Star formation and stellar & AGN feedback in the absence of accretion, not gas stripping, set the quenching timescale in satellite galaxies

Abstract: Observational measurements hint at a peak in the quenching timescale of satellite galaxies in groups and clusters as a function of their stellar masses at $M_{\star} \approx 10^{9.5} \mathrm{M}{\odot}$; less and more massive satellite galaxies quench faster. We investigate the origin of these trends using the EAGLE simulation in which they are qualitatively reproduced for satellites with $10^{9}<M{\star}/\mathrm{M}\odot<10^{11}$ around hosts of $10^{13}<M\mathrm{200c}/\mathrm{M}_\odot<10^{14.6}$. We select gas particles of simulated galaxies at the time that they become satellites and track their evolution. Interpreting these data yields insights into the prevailing mechanism that leads to the depletion of the interstellar medium (ISM) and the cessation of star formation. We find that for satellites across our entire range in stellar mass the quenching timescale is to leading order set by the depletion of the ISM by star formation and stellar & AGN feedback in the absence of sustained accretion of fresh gas.
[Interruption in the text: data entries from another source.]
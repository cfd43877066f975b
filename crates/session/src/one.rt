// One request of a session.
ghost use Rattle.std.specs.Prelude.{◌≡◌, ◌≢◌, ◌≤◌, ◌<◌, ◌↔◌, IfErr, IfOk, IsTrue, OnOk, length};
ghost use Rattle.mdbox_base.specs.Streams.{Rose};
ghost use Rattle.mdbox_base.specs.declared.replies.Refusal.TheVariants as refused;
ghost use Rattle.mdbox_base.specs.declared.replies.Reply.{Reply as ReplyValue};
ghost use Rattle.mdbox_base.specs.declared.replies.Reply.TheVariants as reply;
ghost use Rattle.lanes.specs.Worlds.{HasItsMessage};
ghost use Rattle.request_text.specs.declared.outcome.Outcome.TheVariants as outcome;
ghost use Rattle.script_text.specs.Script.{FitsLanes, FitsScript};
ghost use Rattle.session.specs.OneRequest.{EndsByRequest, IsAnsweredAndTold, IsWaiting};

use attach_detach::{Prepared, take_apart};
use disk_model::Disk;
use lanes::{World, idle_worlds_have_replied, worlds_go_with};
use mdbox_base::{NoMemory, Refusal, Reply, Request, Sink};
use piece_writer::PrintError;
use request_text::{Outcome, print_answer};
use std::alloc::Global;

/// Does a request, and prints its reply once it is acknowledged. An error ends the session.
pub fn serve_one<D: Disk, O: Sink>(
    alloc: Global,
    world: &mut World<D>,
    output: &mut O,
    asked: (u32, Request),
) -> Result<(), Outcome>
    requires fits { FitsLanes 64 asked }
    requires waiting { IsWaiting world.old }
    requires few { length world.old.replies < 100000 }
    ensures ok { OnOk result ((given : ReplyValue) × IsAnsweredAndTold D.history D.faults asked world.old world.new (O.held output.old) (O.held output.new) given × (given ≢ reply.Refused refused.Stopped)) }
    ensures err { IfErr result (EndsByRequest D.history D.faults asked world.old world.new (O.held output.old) (O.held output.new)) }
    ensures write_fault { IfErr result (λ ended. ended ≡ outcome.WriteFault → Rose (O.faults output.old) (O.faults output.new)) }
    ensures write_quiet { IfErr result (λ ended. ended ≢ outcome.WriteFault → O.faults output.new ≡ O.faults output.old) }
    ensures quiet { OnOk result (O.faults output.new ≡ O.faults output.old) }
    ensures counted { O.faults output.old ≤ O.faults output.new }
{
    worlds_go_with::<D>();
    idle_worlds_have_replied::<D>();
    let before = world.journal().len();
    let (lane, request) = asked;
    let Ok(prepared) = prepare_message(alloc, &request) else {
        return Err(Outcome::NoMemory);
    };
    let Ok(place) = world.ask(lane, request, prepared) else {
        return Err(Outcome::NoMemory);
    };
    let Ok(()) = world.answer_all() else {
        return Err(Outcome::NoMemory);
    };
    world.known_facts();
    let Some(given) = &world.replies()[place as usize] else {
        unreachable!()
    };
    match print_answer(alloc, output, world.journal(), before, place, given) {
        Ok(()) if is_stopped(given) => Err(Outcome::DiskFault),
        Ok(()) => Ok(()),
        Err(PrintError::NoMemory) => Err(Outcome::NoMemory),
        Err(PrintError::WriteFault) => Err(Outcome::WriteFault),
    }
}

/// Whether a reply says that the store is stopped.
fn is_stopped(given: &Reply) -> bool
    ensures { IsTrue result ↔ (given.now ≡ reply.Refused refused.Stopped) }
{
    matches!(given, Reply::Refused(Refusal::Stopped))
}

/// What a request is given beside: a delivery its message with its attachments taken out, unless it has none; any other nothing.
fn prepare_message(alloc: Global, asked: &Request) -> Result<Option<Prepared>, NoMemory>
    requires { FitsScript asked.now }
    ensures { IfOk result (HasItsMessage asked.now) }
{
    match asked {
        Request::Deliver { message, .. } => take_apart(alloc, message.as_slice()),
        _ => Ok(None),
    }
}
The turnover in the quenching timescale as a function of stellar mass is a direct consequence of the maximum in the star formation efficiency (or equivalently the minimum in the total -- stellar plus AGN -- feedback efficiency) at the same stellar mass. We can discern the direct stripping of the ISM by ram pressure and/or tides in the simulations; these mechanisms modulate the quenching timescale but do not drive its overall scaling with satellite stellar mass. Our findings argue against a scenario in which the turnover in the quenching timescale is a consequence of the competing influences of gas stripping and 'starvation'.